The North American State Securities Administrators Association (NASAA) recently warned investors about the risks of investing in binary options.  While NASAA asserts that many binary trading platforms are "unregulated or are completely illegal", I found it surprising that it didn't cite any state securities or other laws that might regulate, much less outlaw, binary options or binary option trading platforms (other than financial professional licensing).  The Commodity Futures Trading Commission’s (CFTC) Office of Consumer Outreach and the Securities & Exchange Commission’s (SEC) Office of Investor Education and Advocacy have also issued a joint advisory warning about fraudulent binary option schemes.  The CFTC/SEC advisory notes that some of these "schemes" are operated fraudulently while others may fail to comply with applicable federal registration and regulatory requirements.  Like NASAA's advisory, the federal advisory does not mention the possible application of state law.

First, what is a binary option?  NASAA describes it as "a simplified options contract that looks more like online gambling than a traditional security or investment".  Essentially, the investor is promised a return if the price of a security goes up and loses everything if it doesn't:

For example, an investor enters into a binary option contract worth $100 that promises to pay the investor a 95% return if Company ABC’s stock rises from its current trading price of $20 per share to $25 per share by a certain date. If it does, the payout is 195% of the contract’s original value, or a total of $195 ($100 + $95). If it doesn’t, the payout is $0 – a complete loss of the original investment.

NASAA, Informed Investor Advisory (November 2015).
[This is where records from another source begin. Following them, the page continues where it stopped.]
//! What has gone through a server and its connections, counted by their threads, and the answers to the words that ask
//! for it.
//!
//! All threads share one [`Tally`]. A connection has a [`ClientTally`], which its thread tells what has come and gone,
//! and asks for the text for a word; the hub stores after each turn what the engine holds
//! ([`EngineFigures`]). So an answer takes no message and no turn, and no time for nodes, watches or other clients,
//! unless it lists these. The counts are read one after the other, so an answer may tell of a packet that came and not
//! yet of its connection.
//!
//! A monitoring system is told the same by [`Tally::metrics`], [`Tally::health`] and [`Tally::is_live`].
//!
//! Which text a word has is proved in `server_words`, that of the metrics in `server_metrics`, and here how an answer is timed (`timed.rt`); that the counts are
//! right is tested.
//!
//! ```text
//! let tally = Arc::new(alloc, Tally::new(rt, alloc, TallySettings { version, dialect, settings, words }))?;
//! let client = ClientTally::new(alloc, Arc::try_clone(&tally)?, number, address)?;
//! client.enter(rt);
//! client.receive(rt, 2);                                // two frames came
//! client.send(rt, 3, 2);                                // three packets went, two of them answers
//! client.text_for(rt, alloc, ServerWord::Srvr)?         // the answer, or that the word isn't answered
//! client.leave(rt);
//! ```
#![tactic(auto)]

mod client;
mod counts;
mod histogram;
mod packets;
mod tally;
mod telling;
mod timed;

pub use client::ClientTally;
pub use packets::{Found, PacketCount};
pub use tally::{EngineFigures, Tally, TallySettings, TurnFigures};
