//! Counts of packets, and of how long answers took.

use server_words::Latency;
use std::sync::atomic::{AtomicU64, Ordering};

/// Counts that threads share.
#[derive(Drop)]
pub(crate) struct Counts {
    received: AtomicU64,
    sent: AtomicU64,
    // The frames that aren't answered.
    owed: AtomicU64,
    // How many answers were timed, and how long they took, in microseconds. The least is the greatest number while there
    // is none.
    timed: AtomicU64,
    total: AtomicU64,
    least: AtomicU64,
    most: AtomicU64,
}

impl Counts {
    pub fn new() -> Counts {
        Counts {
            received: AtomicU64::new(0),
            sent: AtomicU64::new(0),
            owed: AtomicU64::new(0),
            timed: AtomicU64::new(0),
            total: AtomicU64::new(0),
            least: AtomicU64::new(u64::MAX),
            most: AtomicU64::new(0),
        }
    }

    /// Counts frames that were sent on.
    pub fn receive(&self, frames: u64) {
        self.received.fetch_add(frames, Ordering::SeqCst);
        self.owed.fetch_add(frames, Ordering::SeqCst);
    }

    /// Counts frames that aren't waited for any more.
    pub fn settle(&self, frames: u64) {
        self.owed.fetch_sub(frames, Ordering::SeqCst);
    }

    /// Counts packets that were sent.
    pub fn send(&self, packets: u64) {
        self.sent.fetch_add(packets, Ordering::SeqCst);
    }

    /// Counts a word and its answer.
    pub fn note_word(&self) {
        self.received.fetch_add(1, Ordering::SeqCst);
        self.sent.fetch_add(1, Ordering::SeqCst);
    }

    /// Counts an answer that took so many microseconds.
    pub fn time(&self, took: u64) {
        self.timed.fetch_add(1, Ordering::SeqCst);
        self.total.fetch_add(took, Ordering::SeqCst);
        if took < self.least.load(Ordering::SeqCst) {
            self.least.fetch_min(took, Ordering::SeqCst);
        }
        if took > self.most.load(Ordering::SeqCst) {
            self.most.fetch_max(took, Ordering::SeqCst);
        }
    }

    /// Counts anew. What isn't answered yet still isn't.
    pub fn reset(&self) {
        self.received.store(0, Ordering::SeqCst);
        self.sent.store(0, Ordering::SeqCst);
        self.timed.store(0, Ordering::SeqCst);
        self.total.store(0, Ordering::SeqCst);
        self.least.store(u64::MAX, Ordering::SeqCst);
        self.most.store(0, Ordering::SeqCst);
    }

    pub fn received(&self) -> u64 {
        self.received.load(Ordering::SeqCst)
    }

    pub fn sent(&self) -> u64 {
        self.sent.load(Ordering::SeqCst)
    }

    pub fn owed(&self) -> u64 {
        self.owed.load(Ordering::SeqCst)
    }

    pub fn latency(&self) -> Latency {
        let least = self.least.load(Ordering::SeqCst);
        Latency {
            count: self.timed.load(Ordering::SeqCst),
            total: self.total.load(Ordering::SeqCst),
            least: if least == u64::MAX { 0 } else { least },
            most: self.most.load(Ordering::SeqCst),
        }
    }
}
Binary options may also run afoul of state bucket shop laws, a subject covered in yesterday's post.  One problem, however, might be federal preemption of those state laws.  Section 28(a) of the Securities Exchange Act of 1934 preempts state bucket shop laws by providing that those laws shall not invalidate any put, call, straddle, option, privilege or other security “subject to this title” or apply to any activity that is incidental or related to the offer purchase, sale, exercise, settlement, or closeout of any such security.  This language is inexplicable.  In particular, what makes a security “subject to” the Exchange Act?  A narrow interpretation is that a security is subject to the Exchange Act only if it is of a class of securities registered or required to be registered under Section 12 of the Exchange Act.  However, some provisions apply to securities regardless of whether they are registered under Section 12.  Thus, it might be argued that any "security", as defined in Section 3(a)(10) of the Exchange Act, is “subject to” the Exchange Act.